The answer must be every line below that contains the string "shared".

**INFORMATION SUPPLIED**
%%
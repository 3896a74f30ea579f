//! Where the bytes of a package go, in lines and in columns, and its units in columns.

ghost use Rattle.std.specs.Prelude.{◌≡◌, ◌++◌, OnOk, List, ℕ, string_bytes};

use crate::finding::short_kind;
use dwp_base::{Contribution, SectionKind};
use dwp_index::{PackageFile, PackagedUnit};
use dwp_table::{Bucketable, CONTRIBUTION_KINDS, DwarfObject};
use std::alloc::{AllocError, Global};
use std::fmt;
use thorin_print::Form;

/// A range of a section that a unit has.
#[derive(Clone, Copy, PartialEq, Eq, PartialOrd, Ord)]
struct SectionRange {
    section: u8,
    offset: u64,
    size: u64,
}

/// The sizes of a unit that is listed in columns.
#[derive(Clone, Copy)]
pub(crate) struct UnitSizes {
    object: DwarfObject,
    size: u64,
    // Which of the ranges are its own: the number of the first, and that behind the last.
    first: usize,
    end: usize,
}

/// How many bytes a section of a package has, or its file.
#[derive(Clone, Copy)]
pub(crate) struct Total {
    /// The short name of the section, or `file`.
    name: &'static str,
    size: u64,
    /// Where units can have ranges of it, how many bytes the distinct ones of these have, and how
    /// many more all of them have.
    ranges: Option<(u64, u64)>,
}

/// The ranges that units have of the sections of a package.
#[derive(Drop)]
pub(crate) struct UnitRanges {
    ranges: Vec<SectionRange>,
    /// The units that were added with all their ranges.
    pub units: Vec<UnitSizes>,
}

impl UnitRanges {
    /// No range.
    pub(crate) fn new(alloc: Global) -> UnitRanges {
        UnitRanges {
            ranges: Vec::new(alloc),
            units: Vec::new(alloc),
        }
    }

    /// Adds a range of a section that a unit has.
    pub(crate) fn add(
        &mut self,
        section: SectionKind,
        range: Contribution,
    ) -> Result<(), AllocError> {
        self.ranges.push(SectionRange {
            section: section.rank(),
            offset: range.offset.0,
            size: range.size,
        })?;
        Ok(())
    }

    /// Adds a unit with all its ranges.
    pub(crate) fn add_unit(
        &mut self,
        object: DwarfObject,
        unit: &PackagedUnit<'_>,
    ) -> Result<(), AllocError> {
        let first = self.ranges.len();
        for kind in &CONTRIBUTION_KINDS {
            if let Some(range) = unit.range(*kind) {
                self.add(*kind, range)?;
            }
        }
        self.units.push(UnitSizes {
            object,
            size: unit.bytes().len() as u64,
            first,
            end: self.ranges.len(),
        })?;
        Ok(())
    }

    /// The totals of a package: of each section that isn't empty its bytes in the file; for a
    /// section that units have ranges of, also the bytes of its distinct ranges, and how many more
    /// all ranges have together. Then how many bytes the file has.
    pub(crate) fn totals(
        &mut self,
        pack: &PackageFile<'_>,
        file_size: usize,
    ) -> Result<Vec<Total>, AllocError> {
        self.ranges.sort_unstable();
        let mut totals = Vec::new(*self.ranges.allocator());
        let others = [SectionKind::Str, SectionKind::CuIndex, SectionKind::TuIndex];
        for kind in CONTRIBUTION_KINDS.iter().chain(&others) {
            let size = pack.content(*kind).len() as u64;
            if size != 0 {
                let name = kind.short_name();
                let ranges = (!others.contains(kind)).then_some(self.range_total(kind.rank()));
                totals.push(Total { name, size, ranges })?;
            }
        }
        totals.push(Total {
            name: "file",
            size: file_size as u64,
            ranges: None,
        })?;
        Ok(totals)
    }

    /// The bytes of the distinct ranges of a section, and how many more all of them have: the
    /// ranges are sorted.
    fn range_total(&self, section: u8) -> (u64, u64) {
        let mut once = 0u64;
        let mut shared = 0u64;
        let mut before: Option<SectionRange> = None;
        for range in &self.ranges {
            if range.section != section {
                continue;
            }
            if before == Some(*range) {
                shared = shared.saturating_add(range.size);
            } else {
                once = once.saturating_add(range.size);
            }
            before = Some(*range);
        }
        (once, shared)
    }
}

/// Adds totals.
pub(crate) fn put_totals(totals: &[Total], form: Form, text: &mut String) -> Result<(), AllocError>
    ensures { OnOk result ((totals : List ℕ)
        × (string_bytes text.new ≡ string_bytes text.old ++ totals)) }
{
    let mut added = String::new(*text.allocator());
    for total in totals {
        let name = total.name;
        let size = total.size;
        match (form, total.ranges) {
            (Form::Lines, None) => writeln!(added, "total {name} {size}")?,
            (Form::Lines, Some((once, shared))) => {
                writeln!(added, "total {name} {size} units {once} shared {shared}")?;
            }
            (Form::Json, None) => writeln!(added, "{{\"total\":\"{name}\",\"size\":{size}}}")?,
            (Form::Json, Some((once, shared))) => {
                writeln!(
                    added,
                    "{{\"total\":\"{name}\",\"size\":{size},\"units\":{once},\"shared\":{shared}}}"
                )?;
            }
        }
    }
    text.push_str(added.as_str())
}

/// Adds the rows of units, before totals are made: their sizes in each section that one of them has
/// a range of.
pub(crate) fn put_unit_rows(ranges: &UnitRanges, text: &mut String) -> Result<(), AllocError> {
    let alloc = *text.allocator();
    if ranges.units.is_empty() {
        return Ok(());
    }
    let mut kinds = Vec::new(alloc);
    let mut cells = Vec::new(alloc);
    for name in &["unit", "identifier", "size"] {
        push(name, &mut cells)?;
    }
    for kind in &CONTRIBUTION_KINDS {
        let section = kind.rank();
        if ranges.ranges.iter().any(|range| range.section == section) {
            push(&kind.short_name(), &mut cells)?;
            kinds.push(*kind)?;
        }
    }
    for unit in &ranges.units {
        let id = unit.object.index();
        push(&short_kind(unit.object), &mut cells)?;
        cells.push(format!(in alloc; "0x{id:016x}")?)?;
        push(&unit.size, &mut cells)?;
        let own = ranges.ranges.get(unit.first..unit.end).unwrap_or(&[]);
        for kind in &kinds {
            let section = kind.rank();
            match own.iter().find(|range| range.section == section) {
                Some(range) => push(&range.size, &mut cells)?,
                None => push(&"-", &mut cells)?,
            }
        }
    }
    put_rows(cells.as_slice(), kinds.len().saturating_add(3), text)
}

/// Adds the rows of totals, each with its share of the file, which is the last of them: tenths of a
/// per cent, rounded down.
pub(crate) fn put_total_rows(totals: &[Total], text: &mut String) -> Result<(), AllocError> {
    let alloc = *text.allocator();
    let Some(file) = totals.last() else {
        return Ok(());
    };
    let mut cells = Vec::new(alloc);
    for name in &["section", "size", "per cent", "units", "shared"] {
        push(name, &mut cells)?;
    }
    for total in totals {
        let share = total.size.saturating_mul(1000).checked_div(file.size);
        let tenths = share.unwrap_or(0);
        let ones = tenths / 10;
        let rest = tenths % 10;
        push(&total.name, &mut cells)?;
        push(&total.size, &mut cells)?;
        cells.push(format!(in alloc; "{ones}.{rest}")?)?;
        match total.ranges {
            Some((once, shared)) => {
                push(&once, &mut cells)?;
                push(&shared, &mut cells)?;
            }
            None => {
                push(&"", &mut cells)?;
                push(&"", &mut cells)?;
            }
        }
    }
    put_rows(cells.as_slice(), 5, text)
}

/// Adds a cell.
fn push<D: fmt::Display>(cell: &D, cells: &mut Vec<String>) -> Result<(), AllocError> {
    let cell = format!(in *cells.allocator(); "{cell}")?;
    cells.push(cell)?;
    Ok(())
}

/// Adds rows of this many cells: each column as wide as its widest cell, the first one's cells at
/// its left end, the others' at the right end, with two blanks before them.
fn put_rows(cells: &[String], columns: usize, text: &mut String) -> Result<(), AllocError> {
    let alloc = *text.allocator();
    let mut widths = Vec::from_elem(alloc, 0usize, columns)?;
    for i in 0..cells.len() {
        if let Some(width) = widths.get_mut(i.checked_rem(columns).unwrap_or(0)) {
            *width = cells[i].len().max(*width);
        }
    }
    let mut line = String::new(alloc);
    for i in 0..cells.len() {
        let cell = cells[i].as_str();
        let column = i.checked_rem(columns).unwrap_or(0);
        let width = widths.get(column).copied().unwrap_or(0);
        let blanks = width.saturating_sub(cell.len());
        let blanks = blanks.saturating_add(if column == 0 { 0 } else { 2 });
        if column == 0 {
            line.push_str(cell)?;
        }
        for _blank in 0..blanks {
            line.push_str(" ")?;
        }
        if column != 0 {
            line.push_str(cell)?;
        }
        if column.saturating_add(1) >= columns {
            text.push_str(line.trim_end())?;
            text.push_str("\n")?;
            line.clear();
        }
    }
    Ok(())
}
%%
**RESULT OF THIS EXERCISE**
        let mut shared = 0u64;
                shared = shared.saturating_add(range.size);
        (once, shared)
            (Form::Lines, Some((once, shared))) => {
                writeln!(added, "total {name} {size} units {once} shared {shared}")?;
            (Form::Json, Some((once, shared))) => {
                    "{{\"total\":\"{name}\",\"size\":{size},\"units\":{once},\"shared\":{shared}}}"
    for name in &["section", "size", "per cent", "units", "shared"] {
            Some((once, shared)) => {
                push(&shared, &mut cells)?;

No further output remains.